亡国の王女と覇王の寵愛
 ディアロスを気遣い、いつも心配していた。
 彼のために夜中にレスティアを迎えに来た、亡国の王女の名がそこには記されていたのだ。
【イラティ】
 そう書かれた文字は他のものよりも力が込められている。
 歴史に関すること以外は、いつも控えめで大人しいミレンが亡国とはいえ王女の名を敬称なしで書いている。
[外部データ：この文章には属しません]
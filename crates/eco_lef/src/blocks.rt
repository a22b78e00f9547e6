//! Words that are passed over, and the ends of blocks.

ghost use Rattle.eco_text.specs.Cursor.{token};
ghost use Rattle.eco_text.specs.Tokens.{is_word};
ghost use Rattle.eco_lef.specs.Parsing.{pass_to, unused_name};
ghost use Rattle.eco_lef.specs.Grammar.{block_ends, pass_block};
ghost use Rattle.eco_lef.specs.Reading.{Reads, as_is};

use crate::fault::LefFault;
use crate::reader::Reader;
use eco_text::Word;

impl<'a> Reader<'a> {
    /// The words up to this one, and that one.
    pub fn pass_to(&mut self, inside: &[u8], keyword: &[u8]) -> Result<Word, LefFault>
        ensures { Reads 1 token (pass_to inside.now (is_word keyword.now)) self.old.words self.new.words result }
    {
        'words: while self.words.next_is_not(keyword) {
            self.take(inside)?;
        }
        self.word(inside, keyword)
    }

    /// The words up to `END` and the block's name, which stand next to each other, and those two.
    pub fn pass_block(&mut self, block: &[u8]) -> Result<Word, LefFault>
        ensures { Reads 1 token (pass_block block.now) self.old.words self.new.words result }
    {
        self.pass_to(block, b"END")?;
        'ends: while !self.words.next_is(block) {
            self.pass_to(block, b"END")?;
        }
        self.take(block)
    }

    /// Whether an `END` ends the block: its name follows. The word after another `END` is passed over.
    #[tactic(auto, unfolding(crate::specs::Grammar::block_ends))]
    pub fn block_ends(&mut self, inside: &[u8], block: &[u8]) -> Result<bool, LefFault>
        ensures { Reads 1 as_is (block_ends inside.now block.now) self.old.words self.new.words result }
    {
        self.take(inside)?;
        if self.words.next_is(block) {
            self.take(inside)?;
            return Ok(true);
        }
        self.pass_one()?;
        Ok(false)
    }

    /// The next word, which is to be a name that isn't known yet, where there is room for it.
    #[tactic(auto, using(crate::proofs::Telling::told))]
    pub fn unused_name(&mut self, inside: &[u8], known: bool, full: bool) -> Result<Word, LefFault>
        ensures { Reads 1 token (unused_name inside.now known full) self.old.words self.new.words result }
    {
        if !self.words.next_is_name() {
            return Err(self.bad_statement(inside));
        }
        if known {
            return Err(self.twice_named(inside));
        }
        if full {
            return Err(self.too_many_masters(inside));
        }
        self.take(inside)
    }
}
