//! Masters of LEF texts: LEF/DEF 5.8 Language Reference, in the profile of docs/FORMATS.md.
#![tactic(auto)]

ghost use Rattle.eco_lef.specs.Limits.{LimitsKeep};
ghost use Rattle.eco_lef.specs.Names.{NamesDiffer, NamesAreWords};

mod blocks;
mod fault;
mod library;
mod library_statements;
mod macro_statements;
mod master;
mod names;
mod pin_list;
mod pin_statements;
mod read;
mod reader;
mod statement;

pub use crate::fault::LefFault;
pub use crate::library::Library;
pub use crate::master::{Master, MasterPin};
pub use crate::read::read_lef;

/// A law of limits: within a limit a text gives its library where that has no more masters, and else its own fault or the
/// name of the first macro too many, whichever stands first.
pub fn limits_keep_libraries()
    ensures { LimitsKeep }
{}

/// A law of names: in a library no two masters have one name, and no two pins of a master.
pub fn names_stand_once()
    ensures { NamesDiffer }
{}

/// A law of names: each name of a master and of a pin is a word that a text can have as a name.
pub fn names_are_words()
    ensures { NamesAreWords }
{}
 そこに彼女の嫌悪が表われている気がした。ディアロスの名を国にした時に彼女が見せた表情の意味も、これなのだろう。
(兄様が……。イラティ様と……)
 祖国を忘れられないと言っていた、イラティのあの目を思い出す。
 ディアロスに連れ出されたのではなく、自分の意志で付いていったのかもしれない。
 ふたりはどこへ逃亡したのだろう。
 ミレンはさらに、文字を書き続ける。
【イラティの逃亡によって】
【リステ王国は完全に制圧されることになるでしょう】
【もう二度と、あの国が甦ることはありません】
「……」
 レスティアは気持ちを落ち着けるように、胸に手を当てて深呼吸を繰り返す。
 このミレンの言葉には、探し求めていた真実の欠片が残されているような気がした。
(イラティ様がこの王城に留まっていたら、リステ王国は復興した? それが彼女をこの王城に留めていた、ジグリットの意志なの?)
 復興させるくらいなら、どうして滅ぼしたのか。
 レスティアは落ち着いて座っていることができず、両手を強く握り締める。
(リステ王国もたしか、あのときは後継者を巡って内戦の最中だったと聞いた。イラティ様だけを王城に留めていたのは……)
 ふと、思い出す。
 あれはたしか、熱を出して寝込んでしまったときのことだ。
 レスティアに価値があると言ってくれたジグリットは、こうも言っていた。東のタジニー王国の王は愚かな男だった。だからそのまま、あの国は消滅した、と。
(もしかしてジグリットは……)
 ずっと探し求めていた真実。もしかしたらそれは、最初から目の前にあったのかもしれない。
 リステ王国もグスリール王国も、そのままだったら滅ぶ運命だった。